We do this through a thorough assessment and history to see if pain is amenable to physiotherapy and if not, what we suspect it could be and who the best profession is to help you with it. We also screen for any red flags that would need urgent medical attention.

Often pain presentations can be tricky and have multiple sources, for example someone can have trigeminal neuralgia AND TMD (jaw problems) AND migraine. We control and treat the things we can and work in with medical and dental specialists to get to a place where pain is managed/controlled/treated.

Types of face pain we can treat as physios:

  • TMJ (jaw) conditions: this can include pain from muscles (myalgia) and pain from the joint.

  • Referred pain/ headache from the jaw or upper neck.

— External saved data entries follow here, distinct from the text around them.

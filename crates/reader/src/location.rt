// Where the operations of record k and of its header are: questions 61 to 64, in this order.
ghost use Rattle.std.specs.Prelude.{◌≡◌, ◌&&◌, ◌+◌, ◌≤◌, T, eqb, ltb, IfOk};
ghost use Rattle.format.specs.Questions.{is_some};
ghost use Rattle.format.specs.Reader.{is_header, distance_back, first_addend, header_place, header_at, entries, parsed, locate};
ghost use Rattle.format.specs.Lists.{relocations_of};
ghost use Rattle.format.specs.Prelude.{after};
ghost use Rattle.format.proofs.Asked.{option_of};
ghost use Rattle.reader.specs.Spans.{part, entry_of, listed, Holds, Ahead, Spans};
ghost use Rattle.reader.specs.Finds.{Searching, spans_of, Locates, two_entries, Stand};

use crate::entries::{self, Entries};
use crate::section::{Body, Links, Section, Span};
use format::Question;

// ---- the header of a record

// The addend of the first relocation at a place, which none in front of the i-th has; a relocation is five numbers, the place first and the
// addend last.
// Kept: that none in front has it is a clause (`Searching`) here and of reads' `header_place` and `header_start`, which have another place in each
// call: a struct of list, place and index would be made for one call.
pub fn addend_from(relocs: &[u64], place: u64, from: usize) -> Option<usize>
    requires { Searching relocs.now place from }
    ensures { result ≡ option_of (first_addend place (relocations_of relocs.now)) }
{
    let n = relocs.len() / relocs::RELOCATION_STRIDE;
    let i = (from..n).find(|i| relocs[relocs::RELOCATION_STRIDE * *i] == place)?;
    Some(relocs[relocs::RELOCATION_STRIDE * i + relocs::RELOCATION_ADDEND] as usize)
}

// The same of all relocations.
pub fn first_addend(relocs: &[u64], place: u64) -> Option<usize>
    ensures { result ≡ option_of (first_addend place (relocations_of relocs.now)) }
{
    addend_from(relocs, place, 0)
}

impl Span {
    // The place that lies the second field before that field.
    pub fn distance_back(self, s: &[u8]) -> Option<usize>
        requires { Holds s.now self }
        ensures { result ≡ option_of (distance_back (entry_of s.now self)) }
    {
        let distance = self.second(s) as usize;
        (self.at + 4).checked_sub(distance)
    }
}

impl Links<'_> {
    // Where the header of a record starts, as its second field says or, in debug_frame, that field's relocation.
    pub fn header_place(&self, record: Span) -> Option<usize>
        requires { Holds self.now.bytes.now «record» }
        ensures { result ≡ option_of (header_place self.now.debug (relocations_of self.now.relocations.now) (entry_of self.now.bytes.now «record»)) }
    {
        if self.debug {
            return first_addend(self.relocations, (record.at + 4) as u64);
        }
        record.distance_back(self.bytes)
    }

    // An entry is a header, starts at a place, and that place is earlier than `before`.
    pub fn starts(&self, entry: Span, place: usize, before: usize) -> bool
        requires { Holds self.now.bytes.now entry }
        ensures { result ≡ eqb entry.at place && ltb place before && is_header self.now.debug (entry_of self.now.bytes.now entry) }
    {
        entry.at == place && place < before && entry.is_header(self.bytes, self.debug)
    }

    // The header that starts at a place earlier than `before`, searched for from an entry in front of it.
    pub fn header_from(&self, from: usize, place: usize, before: usize) -> Option<Span>
        requires { Ahead self.now.bytes.now from × (from ≤ place) }
        ensures { Spans self.now.bytes.now result (header_at self.now.debug place before (listed (entries self.now.bytes.now))) }
    {
        Entries::starting(self.bytes, from).find(|entry| self.starts(*entry, place, before))
    }

    // Question 63: the header of a record.
    pub fn header_of(&self, record: Span) -> Option<Span>
        requires { Holds self.now.bytes.now «record» × T (is_some (entries self.now.bytes.now)) }
        ensures { Spans self.now.bytes.now result (after (header_place self.now.debug (relocations_of self.now.relocations.now) (entry_of self.now.bytes.now «record»)) λ place. header_at self.now.debug place «record».at (listed (entries self.now.bytes.now))) }
    {
        let place = self.header_place(record)?;
        self.header_from(0, place, record.at)
    }
}

// ---- the fields of both

// Where the operations of record k and of its header are, the function's length, the header's signal mark, the bytes of a record's pointer
// to call sites, the word, and whether the numbers among the fields of both are spelled shortest.
// Kept: four places, as C's struct has them (reads), from and into which From goes field by field; `operations` gives the spans.
#[derive(Clone, Copy)]
pub struct Located {
    pub header: usize,
    pub header_end: usize,
    pub record: usize,
    pub record_end: usize,
    pub size: u64,
    pub pointer: u64,
    pub signal: bool,
    pub word: u64,
    pub shortest: bool,
}

impl Located {
    // Where the operations of the header are, and those of the record.
    #[tactic(auto, unfolding(crate::specs::Finds::spans_of))]
    pub fn operations(&self) -> [Span; 2]
        ensures { result ≡ spans_of self.now }
    {
        [
            Span {
                at: self.header,
                end: self.header_end,
            },
            Span {
                at: self.record,
                end: self.record_end,
            },
        ]
    }
}

impl<'a> Section<'a> {
    // What its records find their headers by.
    pub fn links(&self) -> Links<'a>
        ensures { (result.bytes.now ≡ self.now.bytes.now) × (result.relocations.now ≡ self.now.relocations.now) × (result.debug ≡ self.now.layout.debug) }
    {
        Links {
            bytes: self.bytes,
            relocations: self.relocations,
            debug: self.layout.debug,
        }
    }

    // The bytes behind an entry's length.
    pub fn body(&self, e: Span) -> Body<'a>
        requires { Holds self.now.bytes.now e }
        ensures { (result.bytes.now ≡ part self.now.bytes.now (e.at + 4) e.end) × (result.layout ≡ self.now.layout) }
    {
        let from = e.at + 4;
        let to = e.end;
        Body {
            bytes: &self.bytes[from..to],
            layout: self.layout,
        }
    }

    // Question 64 of a header, and then of a record: what is found, or that question.
    pub fn parse(&self, cie: Span, fde: Span) -> Result<Located, Question>
        requires { Holds self.now.bytes.now cie × Holds self.now.bytes.now fde }
        ensures located { Locates self.now.bytes.now self.now.layout.word result (parsed self.now.layout.debug self.now.layout.word (entry_of self.now.bytes.now cie) (entry_of self.now.bytes.now fde)) }
        ensures ends { IfOk result (λ l. (l.header_end ≡ cie.end) × (l.record_end ≡ fde.end)) }
    {
        let header = self.body(cie).parse_header()?;
        let rules = header.operations;
        let record = self.body(fde).parse_record(header.pointer, rules.shortest)?;
        let rows = record.operations;
        Ok(Located {
            header: cie.at + 4 + rules.at,
            header_end: cie.end,
            record: fde.at + 4 + rows.at,
            record_end: fde.end,
            size: record.size,
            pointer: header.pointer,
            signal: header.signal,
            word: self.layout.word,
            shortest: rows.shortest,
        })
    }

    // Questions 61 to 63, in this order: where the header of record k and the record stand.
    pub fn header_and_record(&self, k: u64) -> Result<(Span, Span), Question>
        ensures { Stand self.now.bytes.now result (two_entries self.now.layout.debug (relocations_of self.now.relocations.now) k self.now.bytes.now) }
    {
        if !entries::tiles(self.bytes) {
            return Err(Question::Tiling);
        }
        let Some(record) = entries::record_span(self.bytes, self.layout.debug, k) else {
            return Err(Question::Record);
        };
        let Some(header) = self.links().header_of(record) else {
            return Err(Question::Header);
        };
        Ok((header, record))
    }

    // Questions 61 to 64, in this order.
    pub fn locate(&self, k: u64) -> Result<Located, Question>
        ensures { Locates self.now.bytes.now self.now.layout.word result (locate self.now.layout.debug (relocations_of self.now.relocations.now) self.now.layout.word k self.now.bytes.now) }
    {
        let (header, record) = self.header_and_record(k)?;
        self.parse(header, record)
    }
}
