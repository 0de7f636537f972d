// The operations of an entry, one after the other.
ghost use Rattle.std.specs.Prelude.{◌≡◌, true, ◌-◌, ◌<◌, length};
ghost use Rattle.operations.specs.Positions.{operation_at, from};

use format::Operation;
use operations::fields::Position;

// The operations in these bytes from a position on. Where none can be read there is one more item, which is none.
#[derive(Drop)]
pub struct Operations<'a> {
    bytes: &'a [u8],
    at: Position,
    word: u64,
    ghost positive: { 0 < word },
}

impl<'a> Operations<'a> {
    pub fn new(bytes: &'a [u8], word: u64) -> Operations<'a>
        requires { 0 < word }
        ensures { (result.bytes ≡ bytes.entry) × (result.at ≡ from 0) × (result.word ≡ word) }
    {
        Operations {
            bytes,
            at: Position::START,
            word,
        }
    }
}

impl Iterator for Operations<'_> {
    ghost use Rattle.std.specs.Iterator.{at_most};
    ghost use Rattle.reader.specs.Operations.{Reads};

    // An operation, and the position past it.
    type Item = Option<(Operation, Position)>;

    ghost next_gives = { Reads };

    ghost remaining = { λ s. at_most (length s.bytes.now - s.at.at) };

    #[inline(always)]
    fn next(&mut self) -> Option<Option<(Operation, Position)>> {
        if self.bytes.len() <= self.at.at {
            return None;
        }
        let Some((op, next)) = operations::operation(self.bytes, self.at, self.word) else {
            self.at.at = self.bytes.len();
            return Some(None);
        };
        self.at = next;
        Some(Some((op, next)))
    }
}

These areas can send pain into the mouth and face!

  • We can help with desensitising techniques for post hepatic or other recovering/managed neuralgias.

What we cannot treat:

  • We cannot fix/cure trigeminal neuralgia or post herpactic neuralgias. We can help with desensitising techniques and managing other structures like the jaw and neck which may help a portion of the pain. But the gold standard of care here is medical!

  • Tooth problems! we often work with your dentist to work out id a mouth pain is gum/tooth or TMJ related

  • burning mouth syndrome: this is a complex presentation and should be assessed by a oral medicine doctor.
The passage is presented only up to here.